Distribution of the friction angle on AI models developed (training phase)

Fig. 9
figure 9

Distribution of the friction angle on AI models developed (testing phase)

It is easy to recognize that the HHO–DMLP was fitted with the dataset over the other models (Fig. 8). Values in the range of 6 to 12 of friction angle are not fitted with the HHO–DMLP model. They should be carefully taken in predicting friction angle of clay in practical sense. On the SVM and RF models, it is clear that the dataset is not fitted with these models and we can see that most of the observations are not converged on the regression line or 80% confidence level. Similar recommendations are achieved with the models (Fig. 9). Notably, the RF model is over-fitted in practice and it should be eliminated in predicting friction angle of clay. Based on the distribution of the dataset (Figs. 8 and 9), it can be claimed that the 80% confidence level of the proposed HHO–DMLP model can represent the friction angle of clay from different areas/locations. A comparison of the accuracy of the HHO–DMLP, DMLP (without optimization), and SVM models in predicting friction angle of clay is illustrated in Fig. 10, and further evaluation of them through the Taylor diagram is shown in Fig. 11. Note that since the RF model was over-fitted in this study, therefore, it is not compared in these figures.

Fig. 10
figure 10

Comparison of the HHO–DMLP, DMLP (without optimization), and SVM models in predicting friction angle of clay

Fig. 11
figure 11

Taylor diagram for proving the accuracy of the proposed HHO–DMLP model

From Fig. 10, it can be seen that the orange points (i.e., HHO–DMLP model) are closer to the blue points (i.e., actual values) than the other points. They indicate that the accuracy of the proposed HHO–DMLP model is higher than the remaining models in practice. Furthermore, observing the models on the Taylor diagram, we can confirm the accuracy and performance of the HHO–DMLP model as mentioned above. It is clear that the standard deviation of the actual model is high.

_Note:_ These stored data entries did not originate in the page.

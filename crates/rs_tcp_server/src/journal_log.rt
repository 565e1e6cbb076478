//! What the log tells of a journal.

use crate::journal_state::{Condition, JournalState, Shortening};
use crate::journal_watch::PAGE_BYTES;
use log::{Log, info, warn};
use std::sync::Arc;
use std::sync::atomic::{AtomicU8, AtomicU64, Ordering};

/// What the log was told of a journal. All turns share it, and whichever sees a change first writes the line.
#[derive(Drop)]
pub struct JournalLog {
    state: Arc<JournalState>,
    // What was told last, by its number.
    told: AtomicU8,
    // How many shortenings were told, or passed over.
    shortenings: AtomicU64,
    // The time of the last line.
    last: AtomicU64,
}

/// What the log tells of a condition.
#[derive(Clone, Copy, PartialEq, Eq)]
enum Tale {
    Taking,
    Refusing,
    Failed,
}

impl Tale {
    fn of(condition: Condition) -> Tale {
        match condition {
            Condition::Taking | Condition::Recovered => Tale::Taking,
            Condition::Refusing => Tale::Refusing,
            Condition::Failed => Tale::Failed,
        }
    }
}

impl JournalLog {
    /// No line was written yet.
    pub(crate) fn new(state: Arc<JournalState>) -> JournalLog {
        JournalLog {
            state,
            told: AtomicU8::new(Tale::Taking as u8),
            shortenings: AtomicU64::new(0),
            last: AtomicU64::new(u64::MAX),
        }
    }

    /// Whether it refuses changes, or did so until the last one: those that lack memory may lack the disk.
    pub(crate) fn is_lacking(&self) -> bool {
        self.state.condition() != Condition::Taking
    }

    /// Writes a line if the journal has come to refuse changes, or takes them again, or was shortened, but at most one a second. What is not
    /// told then is told later, if it is still so.
    pub(crate) fn update<H: Log>(&self, rt: &H, time: u64) {
        let tale = Tale::of(self.state.condition());
        let shortenings = self.state.shortenings();
        let is_told = self.told.load(Ordering::SeqCst) == tale as u8;
        if is_told && self.shortenings.load(Ordering::SeqCst) == shortenings {
            return;
        }
        if self.last.swap(time, Ordering::SeqCst) == time {
            return;
        }
        if self.told.swap(tale as u8, Ordering::SeqCst) != tale as u8 {
            self.tell(rt, time, tale);
        } else if self.shortenings.swap(shortenings, Ordering::SeqCst) != shortenings {
            tell_of(rt, time, self.state.shortening());
        }
    }

    /// Writes the line that says whether the journal takes changes.
    fn tell<H: Log>(&self, rt: &H, time: u64, tale: Tale) {
        match tale {
            Tale::Taking => {
                info!(rt; target: "rstored", "{time} the disk takes changes again");
            }
            Tale::Refusing => {
                let reason = self.state.refusal();
                warn!(rt; target: "rstored", "{time} the disk refuses changes: {reason}");
            }
            Tale::Failed => {
                let reason = self.state.failure();
                warn!(rt; target: "rstored", "{time} the disk failed, and changes are refused until a restart: {reason}");
            }
        }
    }
}

/// Writes the line that says how the journal was shortened.
fn tell_of<H: Log>(rt: &H, time: u64, shortening: Shortening) {
    let before = shortening.before.saturating_mul(PAGE_BYTES);
    let after = shortening.after.saturating_mul(PAGE_BYTES);
    match shortening.refused {
        None => {
            info!(rt; target: "rstored", "{time} the journal was shortened from {before} to {after} bytes");
        }
        Some(reason) => {
            warn!(rt; target: "rstored", "{time} the journal has {before} bytes and could not be shortened: {reason}");
        }
    }
}
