//! The run of a server's store.

ghost use Rattle.std.specs.Prelude.{◌≡◌, List, [], IfOk, length};
ghost use Rattle.rs_journal_writer.specs.declared.kept_writer.TheConstants.{MAX_HELD};
ghost use Rattle.rs_places.specs.Store.{IsStoreRun};
ghost use Rattle.rs_places_steps.specs.Turns.{Connections};
ghost use Rattle.rs_tcp_server.specs.Beginning.{first_in, most_held_in};
ghost use Rattle.rs_version.specs.First.{first_of};

use crate::fault::ListenFault;
use crate::journal_state::JournalState;
use crate::journal_watch::JournalWatch;
use crate::keeping::{Kept, KeptFolder};
use crate::syncing::{Syncing, end_syncing, start_syncing};
use crate::telling::{Telling, end_telling};
use crate::turn::ListenTurn;
use log::Log;
use rs_intake::BlankQueue;
use rs_journal::{Switch, Switched};
use rs_places::{KeptEnd, StoreEnd, run_kept_store, run_store};
use rs_places_pool::Runner;
use rs_places_steps::FreeTurn;
use rs_store::TopicLimit;
use rs_tcp_sockets::SocketWatch;
use rs_version::Blank;
use sqlite_disk::Disk;
use sqlite_std_file::File as DiskFile;
use std::alloc::Global;
use std::fs::File;
use std::sync::{Arc, Wait};
use std::thread::Threads;
use std::time::Clock;

/// Runs the store, which begins with what the folder keeps, if there is one, and ends then the thread that tells its numbers.
pub(crate) fn serve<H: Clock + Log + Threads + Wait + Copy + Send + Sync + 'static>(
    rt: H,
    alloc: Global,
    blank: Blank,
    limit: TopicLimit,
    kept: Option<KeptFolder>,
    state: Arc<JournalState>,
    queue: BlankQueue,
    turns: Vec<FreeTurn<ListenTurn<H>>>,
    runner: Runner<SocketWatch<H>>,
    telling: Option<Telling>,
) -> Result<StoreEnd<ListenTurn<H>>, ListenFault>
    requires limit { limit ≡ blank.limit }
    requires places { queue.places ≡ length turns.items }
    ensures { IfOk result (λ end. (before : List Connections) × (after : List Connections)
        × IsStoreRun (most_held_in kept) blank.limit queue.places (first_in kept) before after end.version end.changes end.cause) }
{
    let end = run_any(rt, alloc, blank, limit, kept, state, queue, turns, runner);
    end_telling(&rt, telling);
    end
}

/// Runs the store by what keeps it.
fn run_any<H: Clock + Log + Threads + Wait + Copy + Send + Sync + 'static>(
    rt: H,
    alloc: Global,
    blank: Blank,
    limit: TopicLimit,
    kept: Option<KeptFolder>,
    state: Arc<JournalState>,
    queue: BlankQueue,
    turns: Vec<FreeTurn<ListenTurn<H>>>,
    runner: Runner<SocketWatch<H>>,
) -> Result<StoreEnd<ListenTurn<H>>, ListenFault>
    requires limit { limit ≡ blank.limit }
    requires places { queue.places ≡ length turns.items }
    ensures { IfOk result (λ end. (before : List Connections) × (after : List Connections)
        × IsStoreRun (most_held_in kept) blank.limit queue.places (first_in kept) before after end.version end.changes end.cause) }
{
    match kept {
        None => run_alone(rt, alloc, blank, queue, turns, runner),
        Some(KeptFolder::Synced(kept)) => run_kept(
            rt, alloc, blank, limit, kept, None, &state, queue, turns, runner,
        ),
        Some(KeptFolder::Switched { kept, switch, log }) => run_switched(
            rt, alloc, blank, limit, kept, switch, log, state, queue, turns, runner,
        ),
    }
}

/// Runs a store that nothing keeps.
fn run_alone<H: Clock + Log + Threads + Wait + Copy + Send + Sync + 'static>(
    rt: H,
    alloc: Global,
    blank: Blank,
    queue: BlankQueue,
    turns: Vec<FreeTurn<ListenTurn<H>>>,
    runner: Runner<SocketWatch<H>>,
) -> Result<StoreEnd<ListenTurn<H>>, ListenFault>
    requires { queue.places ≡ length turns.items }
    ensures { IfOk result (λ end. (before : List Connections) × (after : List Connections)
        × IsStoreRun 1 blank.limit queue.places [] before after end.version end.changes end.cause) }
{
    match run_store(rt, alloc, blank, Vec::new(alloc), queue, turns, runner) {
        Ok(end) => Ok(end),
        Err(fault) => Err(ListenFault::from(fault)),
    }
}

/// Runs the store over a journal that is not synced at each commit. If its log is given, a thread syncs that.
fn run_switched<H: Clock + Log + Threads + Wait + Copy + Send + Sync + 'static>(
    rt: H,
    alloc: Global,
    blank: Blank,
    limit: TopicLimit,
    kept: Kept<Switched<DiskFile>>,
    switch: Switch,
    log: Option<File>,
    state: Arc<JournalState>,
    queue: BlankQueue,
    turns: Vec<FreeTurn<ListenTurn<H>>>,
    runner: Runner<SocketWatch<H>>,
) -> Result<StoreEnd<ListenTurn<H>>, ListenFault>
    requires limit { limit ≡ blank.limit }
    requires places { queue.places ≡ length turns.items }
    ensures { IfOk result (λ end. (before : List Connections) × (after : List Connections)
        × IsStoreRun MAX_HELD blank.limit queue.places (first_of kept) before after end.version end.changes end.cause) }
{
    let syncing = start_if_needed(rt, alloc, log, &state)?;
    // It was on for the opening.
    switch.set(false);
    let switch = Some(switch);
    let end = run_kept(
        rt, alloc, blank, limit, kept, switch, &state, queue, turns, runner,
    );
    end_if_started(&rt, syncing);
    end
}

/// Starts the thread that syncs the log, if there is one to be synced.
fn start_if_needed<H: Clock + Threads + Copy + Send + 'static>(
    rt: H,
    alloc: Global,
    log: Option<File>,
    state: &Arc<JournalState>,
) -> Result<Option<Syncing>, ListenFault> {
    match log {
        Some(log) => {
            let state = Arc::try_clone(state)?;
            Ok(Some(start_syncing(rt, alloc, log, state)?))
        }
        None => Ok(None),
    }
}

fn end_if_started<H: Threads>(rt: &H, syncing: Option<Syncing>) {
    if let Some(syncing) = syncing {
        end_syncing(rt, syncing);
    }
}

/// Runs the store over this journal.
fn run_kept<
    D: Disk + Drop + Send + 'static,
    H: Clock + Log + Threads + Wait + Copy + Send + Sync + 'static,
>(
    rt: H,
    alloc: Global,
    blank: Blank,
    limit: TopicLimit,
    kept: Kept<D>,
    switch: Option<Switch>,
    state: &Arc<JournalState>,
    queue: BlankQueue,
    turns: Vec<FreeTurn<ListenTurn<H>>>,
    runner: Runner<SocketWatch<H>>,
) -> Result<StoreEnd<ListenTurn<H>>, ListenFault>
    requires limit { limit ≡ blank.limit }
    requires places { queue.places ≡ length turns.items }
    ensures { IfOk result (λ end. (before : List Connections) × (after : List Connections)
        × IsStoreRun MAX_HELD blank.limit queue.places (first_of kept) before after end.version end.changes end.cause) }
{
    let (journal, given) = kept.into_parts();
    let watch = JournalWatch::new(rt, Arc::try_clone(state)?, journal.page_count());
    match run_kept_store(
        rt, alloc, blank, limit, journal, given, switch, watch, queue, turns, runner,
    ) {
        Ok(KeptEnd { end, journal: _ }) => Ok(end),
        Err(fault) => Err(ListenFault::from(fault)),
    }
}
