//! The server.

ghost use Rattle.std.specs.Prelude.{◌≡◌, ◌+◌, ◌<◌, ◌≤◌, ℕ, List, [], IfOk, length};
ghost use Rattle.rs_message.specs.declared.entry.TheConstants.{MAX_LINES};
ghost use Rattle.rs_intake.specs.declared.cause.Cause.{Cause};
ghost use Rattle.rs_places.specs.Store.{IsStoreRun};
ghost use Rattle.rs_places_steps.specs.Turns.{Connections};
ghost use Rattle.rs_tcp_server.specs.Beginning.{first_in, most_held_in};

use crate::fault::ListenFault;
use crate::full_log::FullLog;
use crate::journal_log::JournalLog;
use crate::journal_state::JournalState;
use crate::journal_watch::first_numbers;
use crate::keeping::{KeptFolder, SyncPolicy, bytes_of_all, check_limits, open_folder};
use crate::opening::turns;
use crate::polling::time_polls;
use crate::serving::serve;
use crate::telling::{Telling, descriptors_to_tell, new_metrics, start_telling};
use crate::turn::{ClientWord, ListenTurn};
use log::{Log, info, warn};
use rs_intake::{BlankQueue, blank_queue};
use rs_journal::OpenFiles;
use rs_message::{LineCount, MAX_LINES, PlaceCount};
use rs_metrics::{JournalMeter, Limits, Metrics, share};
use rs_metrics_server::MetricsServer;
use rs_places::StoreEnd;
use rs_places_pool::Runner;
use rs_places_steps::FreeTurn;
use rs_store::TopicLimit;
use rs_tcp_sockets::{Listener, SocketWatch, SystemClock, descriptor_limit, waiting_limit};
use rs_version::Blank;
use std::alloc::{AllocError, Global};
use std::fs;
use std::net::{Net, TcpListener, TcpStream};
use std::rt::Files;
use std::sync::{Arc, Wait};
use std::thread::Threads;
use std::time::{Clock, Duration};

/// A bound address and an empty store, before the first client is served.
#[derive(Drop)]
pub struct Server {
    alloc: Global,
    listener: Arc<Listener>,
    blank: Blank,
    places: PlaceCount,
    clients: u16,
    idle: Option<Duration>,
    // How many clients may wait to be accepted, as the system has it.
    waiting: u64,
    topics: TopicLimit,
    memory: Option<u64>,
    // What tells its numbers, if anybody is told.
    metrics: Option<MetricsServer>,
    // The folder that keeps the messages, if one does.
    kept: Option<KeptFolder>,
    ghost each: { (places ≡ blank.places) × (topics ≡ blank.limit) },
}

It shows the high volatility of friction angle of clays compared to the average value, and finding a general model capable of representing the friction angle of clays at different areas/locations is not easy. The Taylor diagram showed that the HHO–DMLP model also provided high standard deviation with highest correlation. The visualization of the Taylor diagram showed that the HHO–DMLP model was closer to the actual model than the other models.

6 Conclusion

Friction angle of clays is an essential parameter to evaluate the stability of slopes and landslide. Different areas with different clay properties have a significant influence on the stability of the slopes and landslide, especially the friction angle. Therefore, a generalized model capable of predicting friction angle of clays from different areas/locations with high reliability is ideal for assessing slope stability and landslide. This study proposed a novel generalized artificial intelligence model for estimating the friction angle of clays from different areas based on deep MLP neural network and HHO algorithm (i.e., HHO–DMLP). The robustness and consistency of the model’s prediction were checked by testing with various datasets having different geological and geomorphological setups. The results showed that the proposed HHO–DMLP model can predict fiction angle of clays from different areas/locations with high reliability. It can be used in practice instead of experimental tests in a laboratory to save time and costs.

Although the obtained results are highly reliable from this study, the future work is identified with more database from other areas/locations. Future studies with more databases are useful in improving the predictive models. Such models will contribute to the current knowledge in this field and can be applied in any geographical territories.